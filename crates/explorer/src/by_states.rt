//! All histories of a script within a bound of delays, by the states to which they come: of those of one length after which all goes
//! on alike, one goes on for all.

ghost use Rattle.std.specs.Prelude.{◌≡◌, ◌≤◌, ◌-◌, [], ℕ, List, IfOk, length, true};
ghost use Rattle.hist_model.specs.Legal.{started};
ghost use Rattle.delay_bounded.specs.Explored.{bound_of};
ghost use Rattle.explorer.specs.Bounds.{HasRoom};
ghost use Rattle.explorer.specs.Frames.{AreTurns};
ghost use Rattle.explorer.specs.Levels.{AreStates, EndsSo, FindsNext, GoesOn, IsState, LeadsOn, able_after, all_in, events_of};
ghost use Rattle.explorer.specs.Joining.{JoinsIn, turns_behind};
ghost use Rattle.explorer.specs.Keys.{key_of};
ghost use Rattle.explorer.specs.Runs.{IsRun, script_in};
ghost use Rattle.explorer.specs.Telling.{TellsJoined};
ghost use Rattle.explorer.specs.declared.frames.Frame.{Frame as FrameValue};

use crate::ends::{End, Ends};
use crate::exploring::Exploration;
use crate::frames::{Frame, copied, last_place};
use crate::level::Level;
use crate::run::{Run, Turn};
use crate::schedule::schedule_of;
use crate::state::{Bound, State};
use crate::walk::replay;
use hist_model::policy::Policy;
use hist_model::script::Script;
use outcome_text::outcome_of;
use std::alloc::Global;
use sys_abi::memory::NoMemory;

/// The most states that are met.
pub(crate) const STATE_LIMIT: usize = 500_000;

/// The most that joining may cost. A state costs its number of events, which are replayed for each turn after it, and a fixed part.
const COST_LIMIT: usize = 20_000_000;

/// What a state costs beside its events: a kernel of its own for each replay, and its key.
const COST_OF_STATE: usize = 32;

/// More delays than one turn can have: there are fewer places in the circle than events can be counted.
const MOST_CHOICES: u64 = 1 << 63;

/// What joining histories came to.
#[derive(Drop)]
pub(crate) enum Joined {
    /// All within the bound.
    Whole(Exploration),
    /// There are more states than the limit, or they cost more than the limit of costs; the script comes back.
    TooMany(Script),
}

/// A run with the next turn after those of a state, if there is one.
struct Found {
    run: Run,
    turn: Option<Turn>,
    /// No place from this one on is that of an actor that is able to step after the state.
    end: usize,
}

/// The next turn after these, where some places were tried.
fn next_turn(
    alloc: Global,
    policy: &Policy,
    workers: u8,
    bound: Bound,
    script: Script,
    frames: &[Frame],
    tried: usize,
) -> Result<Found, NoMemory>
    requires workers { workers ≤ 15 }
    requires turns { AreTurns policy.now script workers (started script) frames.now }
    ensures { IfOk result (λ found. FindsNext policy.now script workers bound frames.now tried found) }
{
    let mut run = replay(alloc, policy, workers, script, frames)?;
    run.has_few_events();
    let last = last_place(frames);
    let end = run.end_of_able(workers, last);
    let turn = run.next_turn(alloc, policy, workers, last, tried)?;
    Ok(Found { run, turn, end })
}

/// Notes the histories of a state after which nobody is able to step. Gives the script back.
fn note_end(
    alloc: Global,
    policy: &Policy,
    workers: u8,
    bound: Bound,
    state: &State,
    run: Run,
    ends: &mut Ends,
) -> Result<Script, NoMemory>
    requires workers { workers ≤ 15 }
    requires run { IsRun policy.now (script_in run) (events_of policy.now (script_in run) workers bound state.now.frames.items) run }
    requires over { able_after policy.now (script_in run) workers bound state.now.frames.items 0 ≡ [] }
    ensures script { IfOk result (λ back. back ≡ script_in run) }
    ensures ends { IfOk result (λ back. (n : ℕ) (key : List ℕ) (ms : List (List FrameValue)) → IsState policy.now (script_in run) workers bound n key ms state.now → EndsSo policy.now (script_in run) workers bound ms ends.old ends.new) }
{
    run.has_few_events();
    let hidden = run.hidden(alloc)?;
    let (script, history) = run.closed()?;
    let end = End {
        text: outcome_of(alloc, policy, &history, hidden.as_slice())?,
        count: state.count(alloc)?,
        frames: copied(alloc, state.frames())?,
        left: state.left(),
        schedule: schedule_of(alloc, &history)?,
    };
    ends.note(alloc, end, history.len() as u64)?;
    Ok(script)
}

/// Joins the histories of a state, after which an actor had its turn, to those of the next level. Gives the script back.
fn join_turn(
    alloc: Global,
    policy: &Policy,
    workers: u8,
    bound: Bound,
    state: &State,
    run: Run,
    frame: Frame,
    delays: u64,
    next: &mut Level,
) -> Result<Script, NoMemory>
    requires run { IsRun policy.now (script_in run) (events_of policy.now (script_in run) workers bound (turns_behind state.now frame)) run }
    requires left { frame.left ≡ state.now.left - delays }
    requires within { delays ≤ state.now.left }
    requires level { length next.old.keys.items ≡ length next.old.states.items }
    ensures script { IfOk result (λ back. back ≡ script_in run) }
    ensures level { IfOk result (λ back. (key : List ℕ) × (key ≡ key_of policy.now frame.place run) × JoinsIn bound delays frame state.now key next.old next.new) }
{
    let key = run.key(alloc, policy, frame.place)?;
    next.join(alloc, key, state, frame, delays, bound)?;
    let (script, _history) = run.closed()?;
    Ok(script)
}

/// Goes on from a state with each actor that is able to step, or to its end. Gives the script back.
fn go_on(
    alloc: Global,
    policy: &Policy,
    workers: u8,
    bound: Bound,
    mut script: Script,
    state: &State,
    next: &mut Level,
    ends: &mut Ends,
) -> Result<Script, NoMemory>
    requires workers { workers ≤ 15 }
    requires state { (n : ℕ) × (key : List ℕ) × (ms : List (List FrameValue)) × IsState policy.now script workers bound n key ms state.now }
    requires room { HasRoom bound state.now.least }
    requires level { length next.old.keys.items ≡ length next.old.states.items }
    ensures script { IfOk result (λ back. back ≡ script) }
    ensures level { IfOk result (λ back. length next.new.keys.items ≡ length next.new.states.items) }
    ensures goes_on { IfOk result (λ back. (n : ℕ) (key : List ℕ) (ms : List (List FrameValue)) → IsState policy.now script workers bound n key ms state.now → GoesOn policy.now script workers bound n ms ends.old ends.new next.old next.new) }
{
    let mut tried = 0;
    let mut delays = 0;
    'turns: while let Some(left) = state.left().checked_sub(delays) {
        let Found { run, turn, end } = next_turn(
            alloc,
            policy,
            workers,
            bound,
            script,
            state.frames(),
            tried,
        )?;
        let Some(turn) = turn else {
            if delays == 0 {
                return note_end(alloc, policy, workers, bound, state, run, ends);
            }
            let (script, _history) = run.closed()?;
            return Ok(script);
        };
        let frame = Frame {
            place: turn.place,
            next: turn.next,
            left,
        };
        script = join_turn(
            alloc, policy, workers, bound, state, run, frame, delays, next,
        )?;
        tried = turn.next;
        delays += 1;
        if end <= tried {
            return Ok(script);
        }
    }
    Ok(script)
}

/// Whether each history of a state has delays left for any turn.
fn has_room(state: &State, bound: Bound) -> bool
    ensures { result ≡ true → HasRoom bound state.now.least }
{
    bound.is_meant || MOST_CHOICES <= state.least()
}

/// The states of the next level, or none where too many delays were had. Gives the script back.
fn next_level(
    alloc: Global,
    policy: &Policy,
    workers: u8,
    bound: Bound,
    mut script: Script,
    states: &[State],
    ends: &mut Ends,
) -> Result<(Script, Option<Level>), NoMemory>
    requires workers { workers ≤ 15 }
    requires states { (n : ℕ) × (keys : List (List ℕ)) × (groups : List (List (List FrameValue))) × AreStates policy.now script workers bound n keys groups states.now }
    ensures script { IfOk result (λ back. back.0 ≡ script) }
    ensures goes_on { IfOk result (λ back. (n : ℕ) (keys : List (List ℕ)) (groups : List (List (List FrameValue))) → AreStates policy.now script workers bound n keys groups states.now → LeadsOn policy.now script workers bound n (all_in groups) ends.old ends.new back.1) }
{
    let mut next = Level::none(alloc);
    'states: for state in states {
        if !has_room(state, bound) {
            return Ok((script, None));
        }
        script = go_on(
            alloc, policy, workers, bound, script, state, &mut next, ends,
        )?;
    }
    Ok((script, Some(next)))
}

/// What the states of a level cost, whose histories have this length.
fn cost_of(states: usize, length: usize) -> usize {
    states.saturating_mul(length.saturating_add(COST_OF_STATE))
}

/// Explores the histories with so many delays at most, or all, as long as they come to fewer states than the limit, and cost no more.
///
/// Without a delay there is one history, in which nothing is joined: the script comes back at once.
pub(crate) fn explore_by_states(
    alloc: Global,
    policy: &Policy,
    workers: u8,
    mut script: Script,
    delays: Option<u64>,
) -> Result<Joined, NoMemory>
    requires { workers ≤ 15 }
    ensures { IfOk result (λ joined. TellsJoined policy.now script workers (bound_of delays) joined) }
{
    if delays == Some(0) {
        return Ok(Joined::TooMany(script));
    }
    let bound = Bound::of(delays);
    let mut ends = Ends::none(alloc);
    let mut states = Vec::new(alloc);
    states.push(State::start(alloc, bound)?)?;
    let mut room = STATE_LIMIT;
    let mut budget = COST_LIMIT;
    let mut length: usize = 0;
    'levels: while !states.is_empty() {
        let cost = cost_of(states.len(), length);
        if room < states.len() || budget < cost {
            return Ok(Joined::TooMany(script));
        }
        room -= states.len();
        budget -= cost;
        length = length.saturating_add(1);
        let (back, next) = next_level(
            alloc,
            policy,
            workers,
            bound,
            script,
            states.as_slice(),
            &mut ends,
        )?;
        script = back;
        let Some(next) = next else {
            return Ok(Joined::TooMany(script));
        };
        states = next.into_states();
    }
    Ok(Joined::Whole(ends.told(alloc)?))
}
####
:: Problem ::
Whenever a line in the entries above includes the word "AreStates", pull that line out.

:: Output below ::
ghost use Rattle.explorer.specs.Levels.{AreStates, EndsSo, FindsNext, GoesOn, IsState, LeadsOn, able_after, all_in, events_of};
    requires states { (n : ℕ) × (keys : List (List ℕ)) × (groups : List (List (List FrameValue))) × AreStates policy.now script workers bound n keys groups states.now }
    ensures goes_on { IfOk result (λ back. (n : ℕ) (keys : List (List ℕ)) (groups : List (List (List FrameValue))) → AreStates policy.now script workers bound n keys groups states.now → LeadsOn policy.now script workers bound n (all_in groups) ends.old ends.new back.1) }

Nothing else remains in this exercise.